* [DESCRIPTION OF THE TASK]:
The answer must restate every entry exactly as it appears.

%%

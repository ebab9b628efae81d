ghost use Rattle.std.specs.Prelude.{◌≡◌, ℕ, ℤ, pos, ◌*◌, ◌^◌, ◌≤◌, ◌<ℤ◌, ◌≤ℤ◌};
ghost use Rattle.interval_specs.specs.Ranges.{UpTo};

use fix_bounds::{Iv, Scale, unit};
use std::alloc::{AllocError, Global};

/// How many pairs are drawn.
const COUNT: u32 = 1000;

/// Two intervals above 0 and up to 1 and a few parts of the scale, as the operands of an operation,
/// and the K/S of a colour.
#[derive(Drop)]
pub(crate) struct Pair<S: Scale> {
    pub(crate) first: Iv<S>,
    pub(crate) second: Iv<S>,
    pub(crate) strength: Iv<S>,
    ghost first_range: { UpTo (2 ^ 41) first },
    ghost first_magnitude: { first.hi ≤ℤ pos (10 * S.unit) },
    ghost second_range: { UpTo (2 ^ 41) second },
    ghost divisor: { pos 0 <ℤ second.lo },
    ghost strength_range: { UpTo (31 * S.unit) strength },
}

/// An interval from the bits of `state`: its lower end is between 0 and 1, and its width is at most
/// seven parts of the scale.
fn interval<S: Scale>(state: u64) -> Iv<S>
    ensures range { UpTo (2 ^ 41) result }
    ensures magnitude { result.hi ≤ℤ pos (10 * S.unit) }
    ensures positive { pos 0 <ℤ result.lo }
{
    let low = 1 + (state / 0x100_0000) % unit::<S>();
    let high = low + state % 8;
    Iv::of_ends(i128::from(low), i128::from(high))
}

/// A K/S from the bits of `state`: its lower end is between 0 and 30, and its width is at most
/// seven parts of the scale.
fn strength<S: Scale>(state: u64) -> Iv<S>
    ensures { UpTo (31 * S.unit) result }
{
    let low = (state / 0x1_0000) % (30 * unit::<S>());
    let high = low + state % 8;
    Iv::of_ends(i128::from(low), i128::from(high))
}

/// The next state of a linear congruential generator.
fn next(state: u64) -> u64 {
    state
        .wrapping_mul(6_364_136_223_846_793_005)
        .wrapping_add(1_442_695_040_888_963_407)
}

/// The pairs that all operations are timed on.
pub(crate) fn drawn<S: Scale>(alloc: Global) -> Result<Vec<Pair<S>>, AllocError> {
    let mut pairs = Vec::new(alloc);
    let mut state = 1;
    for _ in 0..COUNT {
        let first = next(state);
        state = next(first);
        pairs.push(Pair {
            first: interval(first),
            second: interval(state),
            strength: strength(first),
        })?;
    }
    Ok(pairs)
}
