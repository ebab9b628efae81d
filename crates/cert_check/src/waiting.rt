//! What waits for its line.

ghost use Rattle.std.specs.Prelude.{◌≡◌, MatchOption, IfOk, [], ◌∷◌};
ghost use Rattle.cert_check.specs.Walk.{with_halves};

use std::alloc::{AllocError, Global};
use std::marker::Model;

/// Boxes in the order of their lines, which is what contracts see. They are stored in reverse, so
/// that the next one is at the end.
#[derive(Drop)]
pub(crate) struct Waiting<X> {
    list: Vec<X>,
}

impl<X> Model for Waiting<X> {
    ghost use Rattle.std.specs.Prelude.{List, reverse};

    ghost Value = { List X };

    ghost view = { λ w. reverse w.list.items };
}

impl<X: Drop> Waiting<X> {
    /// A list of no boxes.
    pub(crate) fn new(alloc: Global) -> Waiting<X>
        ensures { result ≡ [] }
    {
        Waiting {
            list: Vec::new(alloc),
        }
    }

    /// Removes the first box.
    pub(crate) fn take(&mut self) -> Option<X>
        ensures { MatchOption result ((self.old ≡ []) × (self.new ≡ []))
            (λ b. self.old ≡ b ∷ self.new) }
    {
        self.list.pop()
    }

    /// Puts a box before the others.
    pub(crate) fn put(&mut self, part: X) -> Result<(), AllocError>
        ensures { IfOk result (λ _. self.new ≡ part ∷ self.old) }
    {
        self.list.push(part)?;
        Ok(())
    }

    /// Puts both halves of a box before the others, if it was split.
    pub(crate) fn put_halves(&mut self, halves: Option<(X, X)>) -> Result<(), AllocError>
        ensures { IfOk result (λ _. self.new ≡ with_halves halves self.old) }
    {
        if let Some((lower, upper)) = halves {
            self.put(upper)?;
            self.put(lower)?;
        }
        Ok(())
    }
}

%%

* [YOUR SOLUTION]:
repository ebab9b628efae81d
ghost use Rattle.std.specs.Prelude.{◌≡◌, ℕ, ℤ, pos, ◌*◌, ◌^◌, ◌≤◌, ◌<ℤ◌, ◌≤ℤ◌};
ghost use Rattle.interval_specs.specs.Ranges.{UpTo};

use fix_bounds::{Iv, Scale, unit};
use std::alloc::{AllocError, Global};

/// How many pairs are drawn.
const COUNT: u32 = 1000;

/// Two intervals above 0 and up to 1 and a few parts of the scale, as the operands of an operation,
/// and the K/S of a colour.
#[derive(Drop)]
pub(crate) struct Pair<S: Scale> {
    pub(crate) first: Iv<S>,
    pub(crate) second: Iv<S>,
    pub(crate) strength: Iv<S>,
    ghost first_range: { UpTo (2 ^ 41) first },
    ghost first_magnitude: { first.hi ≤ℤ pos (10 * S.unit) },
    ghost second_range: { UpTo (2 ^ 41) second },
    ghost divisor: { pos 0 <ℤ second.lo },
    ghost strength_range: { UpTo (31 * S.unit) strength },
}

/// An interval from the bits of `state`: its lower end is between 0 and 1, and its width is at most
/// seven parts of the scale.
fn interval<S: Scale>(state: u64) -> Iv<S>
    ensures range { UpTo (2 ^ 41) result }
    ensures magnitude { result.hi ≤ℤ pos (10 * S.unit) }
    ensures positive { pos 0 <ℤ result.lo }
{
    let low = 1 + (state / 0x100_0000) % unit::<S>();
    let high = low + state % 8;
    Iv::of_ends(i128::from(low), i128::from(high))
}

/// A K/S from the bits of `state`: its lower end is between 0 and 30, and its width is at most
/// seven parts of the scale.
fn strength<S: Scale>(state: u64) -> Iv<S>
    ensures { UpTo (31 * S.unit) result }
{
    let low = (state / 0x1_0000) % (30 * unit::<S>());
    let high = low + state % 8;
    Iv::of_ends(i128::from(low), i128::from(high))
}

/// The next state of a linear congruential generator.
fn next(state: u64) -> u64 {
    state
        .wrapping_mul(6_364_136_223_846_793_005)
        .wrapping_add(1_442_695_040_888_963_407)
}

/// The pairs that all operations are timed on.
pub(crate) fn drawn<S: Scale>(alloc: Global) -> Result<Vec<Pair<S>>, AllocError> {
    let mut pairs = Vec::new(alloc);
    let mut state = 1;
    for _ in 0..COUNT {
        let first = next(state);
        state = next(first);
        pairs.push(Pair {
            first: interval(first),
            second: interval(state),
            strength: strength(first),
        })?;
    }
    Ok(pairs)
}
repository ebab9b628efae81d
filename crates/cert_check/src/waiting.rt
//! What waits for its line.

ghost use Rattle.std.specs.Prelude.{◌≡◌, MatchOption, IfOk, [], ◌∷◌};
ghost use Rattle.cert_check.specs.Walk.{with_halves};

use std::alloc::{AllocError, Global};
use std::marker::Model;

/// Boxes in the order of their lines, which is what contracts see. They are stored in reverse, so
/// that the next one is at the end.
#[derive(Drop)]
pub(crate) struct Waiting<X> {
    list: Vec<X>,
}

impl<X> Model for Waiting<X> {
    ghost use Rattle.std.specs.Prelude.{List, reverse};

    ghost Value = { List X };

    ghost view = { λ w. reverse w.list.items };
}

impl<X: Drop> Waiting<X> {
    /// A list of no boxes.
    pub(crate) fn new(alloc: Global) -> Waiting<X>
        ensures { result ≡ [] }
    {
        Waiting {
            list: Vec::new(alloc),
        }
    }

    /// Removes the first box.
    pub(crate) fn take(&mut self) -> Option<X>
        ensures { MatchOption result ((self.old ≡ []) × (self.new ≡ []))
            (λ b. self.old ≡ b ∷ self.new) }
    {
        self.list.pop()
    }

    /// Puts a box before the others.
    pub(crate) fn put(&mut self, part: X) -> Result<(), AllocError>
        ensures { IfOk result (λ _. self.new ≡ part ∷ self.old) }
    {
        self.list.push(part)?;
        Ok(())
    }

    /// Puts both halves of a box before the others, if it was split.
    pub(crate) fn put_halves(&mut self, halves: Option<(X, X)>) -> Result<(), AllocError>
        ensures { IfOk result (λ _. self.new ≡ with_halves halves self.old) }
    {
        if let Some((lower, upper)) = halves {
            self.put(upper)?;
            self.put(lower)?;
        }
        Ok(())
    }
}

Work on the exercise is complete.